Posttranscriptional events including nuclear RNA processing and export, localization of RNA within the cell, degradation and stabilization of RNAs, and mRNA translation are increasingly seen as important cellular regulatory sites, whose alteration can contribute to disease states. The distribution of RNAs within various subcellular compartments results from a balance of export, import, and retention. These processes are largely mediated by RNA-binding proteins.

Many biologically active peptides are α-amidated at their COOH terminus, a structural feature that is often essential for their biological activity. These peptides are produced from larger inactive precursors that are cleaved to form peptides having a glycine residue at their COOH terminus (11, 26). Conversion of a peptidylglycine substrate into an α-amidated product is an enzymatic two-step reaction involving the copper, ascorbate, and molecular oxygen-dependent production of a peptidyl-α-hydroxyglycine intermediate; at physiological pH a second enzymatic activity catalyzes the subsequent formation of the α-amidated product (11, 35, 41). Both enzymes are derived from the bifunctional peptidylglycine α-amidating monooxygenase (PAM) precursor (EC 1.14.17.3) (11). Tissue-specific alternative splicing of the primary transcript of a single-copy gene located on human chromosome 5 (32) generates numerous PAM mRNA transcripts (10, 33, 40). The PAM proteins in any tissue reflect both the forms of PAM mRNA present and the co- or posttranslational modifications that occur. PAM has broad substrate specificity, is found in a variety of tissues, and is regulated in a tissue-specific fashion in response to endocrine manipulations (11, 26). This regulation often parallels the level of amidated peptides in vitro (43) and in vivo (31).

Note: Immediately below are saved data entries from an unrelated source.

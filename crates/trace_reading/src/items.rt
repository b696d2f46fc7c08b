//! The items of a schedule.
ghost use Rattle.std.specs.Prelude.{◌<◌, MatchOption};
ghost use Rattle.heap_words.specs.Place.{code_of};
ghost use Rattle.heap_words.specs.Ranges.{seat_count};
ghost use Rattle.trace_reading.specs.Spelling.{IsItem, aim, item};
ghost use Rattle.trace_reading.specs.Front.{BeginsWith, BeginsWithNone, IsAny, IsItemOf};

use crate::positive_at;
use heap_words::{Config, Item, Place};

/// The most steps, or replies, of an item.
const MOST_COUNT: u64 = 4_000_000_000;

/// The place whose code stands at the front, and the bytes behind it.
fn place_at(bytes: &[u8]) -> Option<(Place, &[u8])>
    ensures { MatchOption result (BeginsWithNone code_of IsAny bytes.now) (λ found. BeginsWith code_of IsAny bytes.now found.0 found.1.now) }
{
    match bytes {
        [first, second, rest @ ..] => {
            let place = Place::of([*first, *second])?;
            Some((place, rest))
        }
        _ => None,
    }
}

/// The item of this machine whose aim stands at the front, and the bytes behind it.
fn aim_at<'a>(config: &Config, number: usize, bytes: &'a [u8]) -> Option<(Item, &'a [u8])>
    requires { number < seat_count config.now.mutators config.now.helpers }
    ensures { MatchOption result (BeginsWithNone aim (IsItemOf config.now number) bytes.now) (λ found. BeginsWith aim (IsItemOf config.now number) bytes.now found.0 found.1.now) }
{
    let (mark, rest) = bytes.split_first()?;
    match *mark {
        b':' => {
            let (count, rest) = positive_at(MOST_COUNT, rest)?;
            Some((Item::Steps { number, count }, rest))
        }
        b'@' => {
            let (place, rest) = place_at(rest)?;
            Some((Item::Until { number, place }, rest))
        }
        b'=' => {
            if number >= config.mutators() {
                return None;
            }
            let (count, rest) = positive_at(MOST_COUNT, rest)?;
            Some((Item::Replies { number, count }, rest))
        }
        _ => None,
    }
}

/// The item at the front, and the bytes behind it.
pub(crate) fn item_at<'a>(config: &Config, bytes: &'a [u8]) -> Option<(Item, &'a [u8])>
    ensures { MatchOption result (BeginsWithNone item (IsItem config.now) bytes.now) (λ found. BeginsWith item (IsItem config.now) bytes.now found.0 found.1.now) }
{
    let (machine, rest) = positive_at(config.seats() as u64, bytes)?;
    aim_at(config, machine as usize - 1, rest)
}
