//! Laws of what is refused.
ghost use Rattle.std.specs.Prelude.{◌≡◌, ◌⊎◌, ℕ, ◌≤◌, List, length};
ghost use Rattle.shen_graph.specs.declared.command.Command.{Command};
ghost use Rattle.heap_words.specs.declared.config.Config.{Config};
ghost use Rattle.heap_words.specs.declared.schedule.Item.{Item};
ghost use Rattle.trace_reading.specs.Grammar.{most_bytes, Reads};
ghost use Rattle.trace_reading.specs.declared.why.Why.{Why};
ghost use Rattle.trace_reading.specs.Refused.{Refused};

/// A law: bytes within the limit are a trace, or are refused at a line for a cause; never both, and never at two lines or
/// for two causes. That they are one trace at most is a law of the grammar.
pub fn bytes_are_read_or_refused()
    ensures either { (bytes : List ℕ) → length bytes ≤ most_bytes
        → ((version : ℕ) × (config : Config) × (scripts : List (List Command)) × (items : List Item) × Reads bytes version config scripts items) ⊎ ((line_number : ℕ) × (why : Why) × Refused bytes line_number why) }
    ensures never_both { (bytes : List ℕ) (version : ℕ) (config : Config) (scripts : List (List Command)) (items : List Item) (line_number : ℕ) (why : Why) → Reads bytes version config scripts items → Refused bytes line_number why → ⊥ }
    ensures once { (bytes : List ℕ) (line_number other_line_number : ℕ) (why other_why : Why) → Refused bytes line_number why → Refused bytes other_line_number other_why → (line_number ≡ other_line_number) × (why ≡ other_why) }
{}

The elucidation of the mechanisms of regulation of PAM expression should bring new insights into the field of neuropeptide-processing enzyme regulation. Recently, we demonstrated that thyroid hormones and estrogen affect PAM gene expression posttranscriptionally by altering mRNA stability (12, 15). To further analyze the molecular mechanisms that are involved in PAM mRNA metabolism, our group identified a protein which binds specifically to a segment of the 3′ untranslated region (UTR) of PAM mRNA and named it the PAM mRNA-binding protein (PAM mRNA-BP) (16). Our study describes the isolation of the PAM mRNA-BP and demonstrates by several criteria that this protein is La antigen.

The La protein was first described as an autoreactive antigen in patients with the rheumatic diseases systemic lupus erythematosus and Sjogren's syndrome (4, 29, 42). Although first characterized in humans, La homologs have since been found in all eukaryotes including trypanosomes, yeast, and plants (27, 47). The La protein is a ubiquitous, abundant, monomeric phosphoprotein found in the nucleus of eukaryotic cells. It associates predominantly with a short poly(U) sequence (UUU_OH) at the 3′ end of almost all nascent Pol III transcripts (27, 47). In yeast, the La protein (Lh1p1) associates with RNAs transcribed by Pol II that also contain 3′ poly(U) sequences (27, 47). The specific binding of La to precursor RNA molecules protects them from exonuclease digestion (13, 48) and thereby regulates downstream processing. For example, La helps to ensure the correct endonucleolytic digestion of the 5′ and the 3′ extensions of pre-tRNA (13, 48) and acts as a chaperone to promote the correct folding of these molecules (6). La also serves to retain precursor RNA molecules in the nucleus (5, 20, 24). Moreover, La assists the assembly of functional ribonucleoprotein particles (34), an activity that may be promoted by its association with RNA helicases (14).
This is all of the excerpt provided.